Leading the Mustangs to the first four of seven consecutive appearances in the NAIA National Tournament, Mike burst on the national scene with a lethal jumper and the ability to change the course of a game in just a few trips down the court. As a senior during the 1996-97 season, he was the second-leading scorer in the nation (27.5ppg), established a new single-season scoring mark with 852 points, and earned NAIA First-Team All-American honors for the second consecutive year. Mike owns career records for points scored (2,616), three-pointers made (444), and free throw percentage (87.9).
Graduating with a bachelor of arts in biblical studies in 1997, Mike began to pursue a professional basketball career immediately. He started in Germany, played some for AIA, had a brief stint in the CBA with Quad Cities, and then returned to Germany before getting his big chance.
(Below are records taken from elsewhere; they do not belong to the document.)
//! One step of the machine.
ghost use Rattle.std.specs.Prelude.{◌≡◌, ◌+◌, ◌≤◌, true, false, Some};
ghost use Rattle.asc_model.specs.declared.instruction.Instr.{Instr};
ghost use Rattle.asc_model.specs.Instruction.{decode};
ghost use Rattle.asc_model.specs.Machine.{view_of};
ghost use Rattle.asc_model.specs.Places.{operand_places};
ghost use Rattle.asc_model.specs.Step.{fetch, outcome_of_word};
ghost use Rattle.asc_shape.specs.Face.{room_of};
ghost use Rattle.asc_step.specs.Execute.{AtInstruction, RunsSettled, answer_of, face_after_outcome};
ghost use Rattle.asc_step.specs.Step.{Attempts, counted_steps};
ghost use Rattle.asc_step.specs.declared.stepped.Stepped.TheVariants.{Went};

use crate::Stepped;
use crate::execute::execute;
use crate::faults::{fault, word_fault};
use crate::places::read_word;
use crate::specialized::{execute_likely, step_specialized};
use crate::version::has_atomics;
use asc_isa::{decode, decode_likely};
use asc_model::{FaultKind, STEP_ROOM};
use asc_outside::Steps;
use asc_shape::{Shape, Words};
use std::sync::ledger::Ledger;

/// Takes one step, where the program goes on: the instruction at the pc is fetched, decoded and carried out.
///
/// All that the step reads is read before anything is put. A step that calls or faults puts nothing.
#[inline(always)]
pub fn try_step<B: Words>(bytes: &mut B) -> Stepped
    requires room { STEP_ROOM ≤ room_of (B.face bytes.old).marks }
    ensures { Attempts (B.face bytes.old) (B.face bytes.new) result }
{
    let shape = bytes.shape();
    let mut stepped = Stepped::Went;
    if step_settled::<B, ()>(bytes, shape, &mut stepped) {
        return Stepped::Went;
    }
    step_anew(bytes, &mut stepped);
    stepped
}

/// Takes one step where the word at the pc is known to be settled and the program goes on, and tells whether it did.
/// Otherwise nothing changes, and `step_anew` tells why, or takes the step. So a loop of steps has no faults in it.
///
/// Only the operations that programs do most have code of their own, so that the rest of a tracer's step takes no room
/// in the loop of a trace. `step` has code of its own for each operation.
///
/// `K` is any type. It tells loops of such steps apart: each has a copy of this that is called there alone, which the
/// compiler then takes into the loop.
///
/// `rare` is memory for what a step out of the loop came to, whatever stands in it. So a loop fills none at each step.
#[inline(always)]
pub fn step_settled<B: Words, K>(bytes: &mut B, shape: Shape, rare: &mut Stepped) -> bool
    requires shape { shape ≡ (B.face bytes.old).state.shape }
    requires room { STEP_ROOM ≤ room_of (B.face bytes.old).marks }
    ensures went { result ≡ true → Attempts (B.face bytes.old) (B.face bytes.new) Went }
    ensures stays { result ≡ false → B.face bytes.new ≡ B.face bytes.old }
{
    // That its state is one, and its marks fit it.
    let _ = bytes.shape();
    let pc = bytes.peek_pc();
    if let Some(_) = word_fault(shape, pc, FaultKind::Misaligned, FaultKind::FetchOutside) {
        return false;
    }
    let place = shape.place_of(pc);
    if !bytes.is_settled(place) {
        return false;
    }
    let word = bytes.get_touched(place);
    match execute_fetched::<B, K, true>(bytes, shape, pc, word, rare) {
        Stepped::Went => true,
        _ => false,
    }
}

/// Takes one step, touches all its places, and lets its word be remembered as settled where the program goes on. What it
/// came to is put into `rare`. It is long, and for a function that stands out of its caller's loop.
#[inline(always)]
pub fn step_anew<B: Words>(bytes: &mut B, rare: &mut Stepped)
    requires room { STEP_ROOM ≤ room_of (B.face bytes.old).marks }
    ensures { Attempts (B.face bytes.old) (B.face bytes.new) rare.new }
{
    let shape = bytes.shape();
    let pc = read_word(bytes, 0);
    if let Some(kind) = word_fault(shape, pc, FaultKind::Misaligned, FaultKind::FetchOutside) {
        *rare = fault(kind, pc, pc);
        return;
    }
    let place = shape.place_of(pc);
    let word = read_word(bytes, place);
    let stepped = execute_fetched::<B, (), false>(bytes, shape, pc, word, rare);
    *rare = stepped;
    if let Stepped::Went = *rare {
        bytes.settle(place);
    }
}

/// Carries out the word that was fetched from this pc, whatever it is. Its registers are settled where `SETTLED` says so.
#[inline(always)]
fn execute_fetched<B: Words, K, const SETTLED: bool>(
    bytes: &mut B,
    shape: Shape,
    pc: u32,
    word: u32,
    rare: &mut Stepped,
) -> Stepped
    requires shape { shape ≡ (B.face bytes.old).state.shape }
    requires at { AtInstruction (B.face bytes.old) pc }
    requires word { let s = (B.face bytes.old).state in word ≡ fetch s.shape (view_of s) }
    requires settled { (i : Instr) → Some i ≡ decode (B.face bytes.old).state.shape.version word
        → RunsSettled SETTLED (B.face bytes.old).marks i }
    requires room { 22 ≤ room_of (B.face bytes.old).marks }
    ensures answer { let s = (B.face bytes.old).state in
        result ≡ answer_of (outcome_of_word s.shape (view_of s) (decode s.shape.version word)) }
    ensures face { let s = (B.face bytes.old).state in
        B.face bytes.new ≡ face_after_outcome (B.face bytes.old)
        (operand_places s.shape (view_of s) (decode s.shape.version word))
        (outcome_of_word s.shape (view_of s) (decode s.shape.version word)) }
{
    match decode_likely::<K>(word) {
        Some(instruction) => {
            execute_likely::<B, K, SETTLED>(bytes, shape, pc, instruction, rare)
        }
        None => {
            execute_word(bytes, pc, word, rare);
            *rare
        }
    }
}

/// The copy of the decoder for words that are not likely.
struct Rest;

/// Carries out the word that was fetched from this pc, whatever it is. It is not handed the shape, which a loop would
/// keep in memory for it alone. What it came to is put into `rare`.
#[cold]
#[inline(never)]
fn execute_word<B: Words>(bytes: &mut B, pc: u32, word: u32, rare: &mut Stepped)
    requires at { AtInstruction (B.face bytes.old) pc }
    requires word { let s = (B.face bytes.old).state in word ≡ fetch s.shape (view_of s) }
    requires room { 22 ≤ room_of (B.face bytes.old).marks }
    ensures answer { let s = (B.face bytes.old).state in
        rare.new ≡ answer_of (outcome_of_word s.shape (view_of s) (decode s.shape.version word)) }
    ensures face { let s = (B.face bytes.old).state in
        B.face bytes.new ≡ face_after_outcome (B.face bytes.old)
        (operand_places s.shape (view_of s) (decode s.shape.version word))
        (outcome_of_word s.shape (view_of s) (decode s.shape.version word)) }
{
    let shape = bytes.shape();
    *rare = match decode::<Rest>(word, has_atomics(shape.version())) {
        Some(instruction) => execute::<B, false>(bytes, shape, pc, instruction),
        None => fault(FaultKind::Illegal, pc, word),
    };
}

/// Takes one step of a state of this shape as `try_step` does, and counts it where the program went on. `K` tells loops of
/// steps apart, as in `step_specialized`.
#[inline]
pub(crate) fn step_of<B: Words, L: Ledger, K>(
    bytes: &mut B,
    shape: Shape,
    steps: &mut Steps<L>,
) -> Stepped
    requires shape { shape ≡ (B.face bytes.old).state.shape }
    requires room { STEP_ROOM ≤ room_of (B.face bytes.old).marks }
    ensures step { Attempts (B.face bytes.old) (B.face bytes.new) result }
    ensures counter { steps.new ≡ steps.old + counted_steps result }
{
    let stepped = step_specialized::<B, K>(bytes, shape);
    if let Stepped::Went = stepped {
        steps.tick();
    }
    stepped
}

/// Takes one step as `try_step` does, and counts it where the program went on.
#[inline]
pub fn step<B: Words, L: Ledger>(bytes: &mut B, steps: &mut Steps<L>) -> Stepped
    requires room { STEP_ROOM ≤ room_of (B.face bytes.old).marks }
    ensures step { Attempts (B.face bytes.old) (B.face bytes.new) result }
    ensures counter { steps.new ≡ steps.old + counted_steps result }
{
    let shape = bytes.shape();
    step_of::<B, L, ()>(bytes, shape, steps)
}
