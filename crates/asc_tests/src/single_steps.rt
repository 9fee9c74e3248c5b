//! Single steps, with values from another implementation.
//!
//! What stands here of each step is what QEMU's user-mode emulator for 32-bit RISC-V made of it:
//! qemu-riscv32 version 7.2.22 (Debian 1:7.2+dfsg-7+deb12u18+b3).
//! The words were made by llvm-mc (Debian LLVM version 14.0.6), but for 3 that it has no text for,
//! which are written after the manual's encoding. `bench/single_steps.py` writes this file, and says how the values were
//! read from QEMU.

use asc_shape::{Shape, State};
use asc_step::{Stepped, try_step};
use std::alloc::Global;
use std::process::Abort;

/// A step of the word at 0x10000. Before it x12 is 0x5A5A5A5A, and each register k but x10 and x11 is k times
/// 0x01010101. The step changes no other register than rd, and no byte beside the two words of data.
struct Case {
    word: u32,
    x10: u32,
    x11: u32,
    /// The words at 0x10100 and 0x10104 before the step.
    data: [u32; 2],
    /// The pc after the step.
    pc: u32,
    /// The register that the step writes, and what it is after the step. It is x12 where the step writes none.
    rd: u32,
    value: u32,
    /// The words at 0x10100 and 0x10104 after the step.
    data_after: [u32; 2],
}

/// The array of these cases: what there was before the step, and after `=>` what there is after it.
macro_rules! cases {
    ($($word:literal: $x10:literal $x11:literal [$low:literal $high:literal]
        => $pc:literal $rd:literal $value:literal [$low_after:literal $high_after:literal];)*) => {
        [$(Case {
            word: $word,
            x10: $x10,
            x11: $x11,
            data: [$low, $high],
            pc: $pc,
            rd: $rd,
            value: $value,
            data_after: [$low_after, $high_after],
        }),*]
    };
}

#[test]
fn single_steps(rt: HostRuntime) {
    for case in &CASES {
        try_case(&rt, rt.alloc(), case);
    }
}

/// Takes the step of a case, and looks at the pc, the registers and the first KiB of memory after it.
fn try_case<R: Abort>(rt: &R, alloc: Global, case: &Case) {
    let (word, x10, x11) = (case.word, case.x10, case.x11);
    let mut state = state_of(rt, alloc, case, 0x10000, case.data);
    assert_eq!(rt;
        try_step(&mut state),
        Stepped::Went,
        "{word:#x} with {x10:#x}, {x11:#x}"
    );
    let mut want = state_of(rt, alloc, case, case.pc, case.data_after);
    assert!(rt; case.rd < 32, "{word:#x}");
    want.set_reg(case.rd, case.value);
    assert_eq!(rt;
        state.pc(),
        want.pc(),
        "the pc after {word:#x} with {x10:#x}, {x11:#x}"
    );
    for k in 0..32 {
        assert_eq!(rt;
            state.reg(k),
            want.reg(k),
            "x{k} after {word:#x} with {x10:#x}, {x11:#x}"
        );
    }
    assert!(rt;
        state.holds(0x10000, 0x400) && want.holds(0x10000, 0x400),
        "{word:#x}"
    );
    let same = state.mem(0x10000, 0x400) == want.mem(0x10000, 0x400);
    assert!(rt; same, "memory after {word:#x} with {x10:#x}, {x11:#x}");
}

/// A state of version Two with this pc, these words of data, and the word and the registers of a case.
fn state_of<R: Abort>(rt: &R, alloc: Global, case: &Case, pc: u32, data: [u32; 2]) -> State {
    let shape = Shape::two(0x10000, 0x10000).expect(rt, "a shape");
    let mut state = State::new(alloc, shape).expect(rt, "memory");
    state.set_pc(pc);
    for k in 1..32 {
        state.set_reg(k, k * 0x0101_0101);
    }
    state.set_reg(10, case.x10);
    state.set_reg(11, case.x11);
    state.set_reg(12, 0x5A5A_5A5A);
    for (at, word) in [(0x10000, case.word), (0x10100, data[0]), (0x10104, data[1])] {
        assert!(rt; state.holds(at, 4), "memory at {at:#x}");
        state.write(at, &word.to_le_bytes());
    }
    state
}
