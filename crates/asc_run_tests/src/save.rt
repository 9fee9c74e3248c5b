ghost use Rattle.std.specs.Prelude.{◌≡◌, true};
ghost use Rattle.asc_model.specs.EntryFile.{AreSavable};

use asc_model::SaveFault;
use asc_outside::{Failed, ListSink};
use asc_save::{LoadFault, Saved, load, write};
use asc_shape::Shape;
use asc_shard::Shard;
use asc_traj::{Part, cells_of};
use std::alloc::Global;
use std::process::Abort;
use std::test::Fail;

/// The header of four entries of 65,536 bytes of memory at 0x10000, in version One.
const HEADER: [u8; 20] = [
    0x41, 0x53, 0x43, 0x45, 1, 1, 0, 0, 0, 0, 1, 0, 0, 0, 1, 0, 4, 0, 0, 0,
];

/// The words of a loop at 0x10008, which counts x5 up to x6, and of two steps behind it. The next would be a guest call.
const WORDS: [u32; 4] = [0x0012_8293, 0xFE62_9EE3, 0x05D0_0893, 0x0000_0513];

/// Puts the bytes of a word behind a file, each with its place.
fn push_word<R: Abort>(rt: &R, file: &mut Vec<u8>, place: u32, word: u32) {
    for (at, byte) in (place..).zip(word.to_le_bytes()) {
        file.extend_from_slice(&at.to_le_bytes())
            .expect(rt, "memory");
        file.push(byte).expect(rt, "memory");
    }
}

/// Puts the steps of an entry and its counts behind a file.
fn push_counts<R: Abort>(rt: &R, file: &mut Vec<u8>, steps: u8, reads: u8, writes: u8) {
    let counts = [steps, 0, 0, 0, 0, 0, 0, 0, reads, 0, 0, 0, writes, 0, 0, 0];
    file.extend_from_slice(&counts).expect(rt, "memory");
}

/// Puts what the steps of a lap read first behind a file: the pc, x5, x6, and so many words.
fn push_reads<R: Abort>(rt: &R, file: &mut Vec<u8>, x5: u32, words: &[u32]) {
    push_word(rt, file, 0, 0x10008);
    push_word(rt, file, 20, x5);
    push_word(rt, file, 24, 5);
    let mut place = 136;
    for word in words {
        push_word(rt, file, place, *word);
        place = u32::wrapping_add(place, 4);
    }
}

/// The file of the loop's entries at x5 = 2, 4, 3 and 1, by hand, where x6 is 5. At 4 the loop ends, and the steps behind it
/// are taken.
fn four_entries<R: Abort>(rt: &R, alloc: Global) -> Vec<u8> {
    let mut file = Vec::from_slice(alloc, &HEADER).expect(rt, "memory");
    for x5 in [2, 4, 3, 1] {
        if x5 == 4 {
            push_counts(rt, &mut file, 4, 28, 16);
            push_reads(rt, &mut file, 4, &WORDS);
            push_word(rt, &mut file, 0, 0x10018);
            push_word(rt, &mut file, 20, 5);
            push_word(rt, &mut file, 40, 0);
            push_word(rt, &mut file, 68, 93);
        } else {
            push_counts(rt, &mut file, 2, 20, 8);
            push_reads(rt, &mut file, x5, &WORDS[..2]);
            push_word(rt, &mut file, 0, 0x10008);
            push_word(rt, &mut file, 20, x5 + 1);
        }
    }
    file
}

/// How many places parts have.
fn count<R: Abort>(rt: &R, alloc: Global, parts: &[Part]) -> usize {
    cells_of(alloc, parts).expect(rt, "memory").len()
}

/// A shard of what was loaded.
fn shard_of<R: Abort>(rt: &R, alloc: Global, saved: Saved) -> Shard {
    let mut content = Shard::new(alloc, 1024).expect(rt, "memory");
    for entry in saved.into_entries() {
        let _ = content.insert(entry);
    }
    content
}

/// Whether entries may be written to a file of this shape.
fn may_be_written<R: Abort>(rt: &R, alloc: Global, shape: Shape, content: &Shard) -> bool
    ensures { result ≡ true → AreSavable shape content.now.held }
{
    let _ = shape.base();
    for i in 0..content.len() {
        let entry = content.entry(i);
        entry.truth();
        let reads = cells_of(alloc, entry.reads()).expect(rt, "memory");
        let writes = cells_of(alloc, entry.writes()).expect(rt, "memory");
        if entry.shape() != shape || entry.steps() > 1_000_000_000 {
            return false;
        }
        if reads.len() > 4096 || writes.len() > 4096 {
            return false;
        }
    }
    content.len() <= 1024
}

/// What is written of a shard, where the sink has so much room.
fn written<R: Abort>(
    rt: &R,
    alloc: Global,
    shape: Shape,
    content: &Shard,
    room: usize,
) -> (Result<(), Failed>, ListSink) {
    assert!(rt; may_be_written(rt, alloc, shape, content));
    let mut sink = ListSink::new(alloc, room, 100, Vec::new(alloc)).expect(rt, "memory");
    let result = write(shape, content, &mut sink);
    (result, sink)
}

#[test]
fn saved_and_loaded_again(rt: HostRuntime) -> Result<(), Fail> {
    let alloc = rt.alloc();
    let file = four_entries(&rt, alloc);
    assert_eq!(rt; file.len(), 724);
    let saved = load(alloc, &file)?;
    let shape = Shape::new(0x10000, 65_536)?;
    assert_eq!(rt; saved.shape(), shape);
    let mut steps = Vec::new(alloc);
    for entry in saved.entries() {
        steps.push((entry.steps(), count(&rt, alloc, entry.reads())))?;
    }
    assert_eq!(rt;
        steps.as_slice(),
        [(2, 20), (4, 28), (2, 20), (2, 20)].as_slice()
    );
    let content = shard_of(&rt, alloc, saved);
    let (result, sink) = written(&rt, alloc, shape, &content, 724);
    assert_eq!(rt; result, Ok(()));
    assert_eq!(rt; sink.bytes(), file.as_slice());
    let (result, sink) = written(&rt, alloc, shape, &content, 300);
    assert_eq!(rt; result, Err(Failed));
    assert_eq!(rt; sink.bytes(), &file[..300.min(file.len())]);
    Ok(())
}

/// Bytes put over the file at a place, and the fault that it then has.
static FAULTS: [(u16, &[u8], SaveFault); 16] = [
    (0, &[0x61], SaveFault::Magic),
    (3, &[0x65], SaveFault::Magic),
    (4, &[0], SaveFault::Version),
    (5, &[3], SaveFault::Machine),
    (6, &[1], SaveFault::Machine),
    (7, &[1], SaveFault::Machine),
    (8, &[4], SaveFault::Shape),
    (12, &[0xFC, 0xFF, 0], SaveFault::Shape),
    (16, &[0x01, 0x04], SaveFault::Count),
    (16, &[3], SaveFault::Long),
    (16, &[5], SaveFault::Short),
    (20, &[0], SaveFault::Entry(0)),
    (20, &[3], SaveFault::Untrue(0)),
    (24, &[1], SaveFault::Entry(0)),
    (176 + 8, &[0x01, 0x10], SaveFault::Entry(1)),
    (723, &[0xFF], SaveFault::Untrue(3)),
];

/// A file with bytes put over it at a place.
fn patched<R: Abort>(rt: &R, alloc: Global, file: &[u8], place: u16, bytes: &[u8]) -> Vec<u8> {
    let mut patched = Vec::from_slice(alloc, file).expect(rt, "memory");
    for (at, byte) in (place..).zip(bytes) {
        if let Some(old) = patched.get_mut(at as usize) {
            *old = *byte;
        }
    }
    patched
}

#[test]
fn each_fault(rt: HostRuntime) {
    let alloc = rt.alloc();
    let mut file = four_entries(&rt, alloc);
    for (place, bytes, fault) in &FAULTS {
        let patched = patched(&rt, alloc, &file, *place, bytes);
        let found = load(alloc, &patched).err();
        assert_eq!(rt; found, Some(LoadFault::Bad(*fault)), "at {place}");
    }
    for length in 0..file.len() {
        let found = load(alloc, &file[..length]).err();
        assert_eq!(rt;
            found,
            Some(LoadFault::Bad(SaveFault::Short)),
            "at {length}"
        );
    }
    file.push(0).expect(&rt, "memory");
    let found = load(alloc, &file).err();
    assert_eq!(rt; found, Some(LoadFault::Bad(SaveFault::Long)));
}

#[test]
fn places_that_do_not_rise(rt: HostRuntime) {
    let alloc = rt.alloc();
    let file = four_entries(&rt, alloc);
    // The second read and the last one of the first entry, and its second write.
    for (place, bytes) in [
        (41, &[0, 0, 0, 0]),
        (131, &[0x80, 0, 1, 0]),
        (141, &[0, 0, 0, 0]),
    ] {
        let patched = patched(&rt, alloc, &file, place, bytes);
        let found = load(alloc, &patched).err();
        assert_eq!(rt;
            found,
            Some(LoadFault::Bad(SaveFault::Entry(0))),
            "at {place}"
        );
    }
}

/// What the definition says of a file: that it loads, or its fault. One of an entry goes with the entry's index.
#[derive(Clone, Copy, Debug, PartialEq, Eq)]
enum Said {
    Loads,
    Short,
    Magic,
    Version,
    Machine,
    Shape,
    Count,
    Entry,
    Untrue,
}

/// What is said of a byte before a place and behind the row before: with its lowest bit changed, its highest, and all.
type Row = (u16, Said, Said, Said);

/// Each byte of the header.
static HEADER_ROWS: [Row; 13] = [
    // The magic bytes, the format 1, the version 1, which does not turn into 2, and two zeros.
    (4, Said::Magic, Said::Magic, Said::Magic),
    (5, Said::Version, Said::Version, Said::Version),
    (8, Said::Machine, Said::Machine, Said::Machine),
    // The base, 0x10000. It is a multiple of 4,096 as 0x18000 and where its upper half is changed. Memory then ends
    // below 2 ^ 32, and does not hold the first pc, 0x10008.
    (9, Said::Shape, Said::Shape, Said::Shape),
    (10, Said::Shape, Said::Untrue, Said::Shape),
    (12, Said::Untrue, Said::Untrue, Said::Untrue),
    // The size, 0x10000. It is good from that to 0x4000000, in fours. No entry depends on how much memory is behind it.
    (13, Said::Shape, Said::Loads, Said::Shape),
    (14, Said::Loads, Said::Loads, Said::Loads),
    (15, Said::Shape, Said::Loads, Said::Loads),
    (16, Said::Loads, Said::Shape, Said::Shape),
    // The count, 4: it turns into 5, 132, 251, and 260. All others are above 1,024.
    (17, Said::Short, Said::Short, Said::Short),
    (18, Said::Short, Said::Count, Said::Count),
    (20, Said::Count, Said::Count, Said::Count),
];

/// Each byte of an entry's steps and counts, but for the writes of the last entry.
static COUNT_ROWS: [Row; 9] = [
    // More steps, at most 16,777,218, leave another pc or x5, or meet no instruction. All others are above 1,000,000,000.
    (3, Said::Untrue, Said::Untrue, Said::Untrue),
    (4, Said::Untrue, Said::Entry, Said::Entry),
    (8, Said::Entry, Said::Entry, Said::Entry),
    // One more read is the first write, of place 0 again. 148 and more pass the end. No count is above 4,096.
    (9, Said::Entry, Said::Short, Said::Short),
    (10, Said::Short, Said::Entry, Said::Entry),
    (12, Said::Entry, Said::Entry, Said::Entry),
    // One more write is the front of the next entry, whose steps are place 2 or 4. 136 and more pass the end.
    (13, Said::Entry, Said::Short, Said::Short),
    (14, Said::Short, Said::Entry, Said::Entry),
    (16, Said::Entry, Said::Entry, Said::Entry),
];

/// What the first row says that holds a place.
fn row_said(rows: &[Row], place: u16, flip: u8) -> Said {
    for (end, lowest, highest, all) in rows {
        if place < *end {
            return match flip {
                0x01 => *lowest,
                0x80 => *highest,
                _ => *all,
            };
        }
    }
    Said::Loads
}

/// The places that are read: the pc, x5, x6, and the words. Only entry 1 reads the last two words.
static READ_PLACES: [u32; 28] = [
    0, 1, 2, 3, 20, 21, 22, 23, 24, 25, 26, 27, 136, 137, 138, 139, 140, 141, 142, 143, 144, 145,
    146, 147, 148, 149, 150, 151,
];

/// The places that are written: the pc, x5, and by entry 1 also x10 and x17.
static WRITTEN_PLACES: [u32; 16] = [0, 1, 2, 3, 20, 21, 22, 23, 40, 41, 42, 43, 68, 69, 70, 71];

/// What is said where some bits of a place are changed. If it is still above the place before it and below the one behind it
/// and the length of a state, the steps do not touch it, and they touch the one that it was.
fn place_said(places: &[u32], cell: usize, bits: u32) -> Said {
    let Some(old) = places.get(cell) else {
        return Said::Loads;
    };
    let place = *old ^ bits;
    let is_above = match places.get(usize::wrapping_sub(cell, 1)) {
        Some(before) => *before < place,
        None => true,
    };
    let is_below = match places.get(usize::wrapping_add(cell, 1)) {
        Some(behind) => place < *behind,
        None => place < 128 + 65_536,
    };
    if is_above && is_below {
        Said::Untrue
    } else {
        Said::Entry
    }
}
Fresh off an outstanding summer league performance in 2000, Mike landed a contract with the Los Angeles Lakers and earned an NBA championship ring in June of 2001. Released the following season, he headed to Naples, Italy, with his wife, Wendy, where he has been playing for Pompea Napoli.
Although, he has not been able to really serve in a local church due to his travel, Mike has been able to use his job as a professional basketball player as a platform for the Gospel. Many players, teammates and opponents alike, have asked him why he leads the life he does and he is able to share his faith. Mike and Wendy have two sons, Ty and Jaden.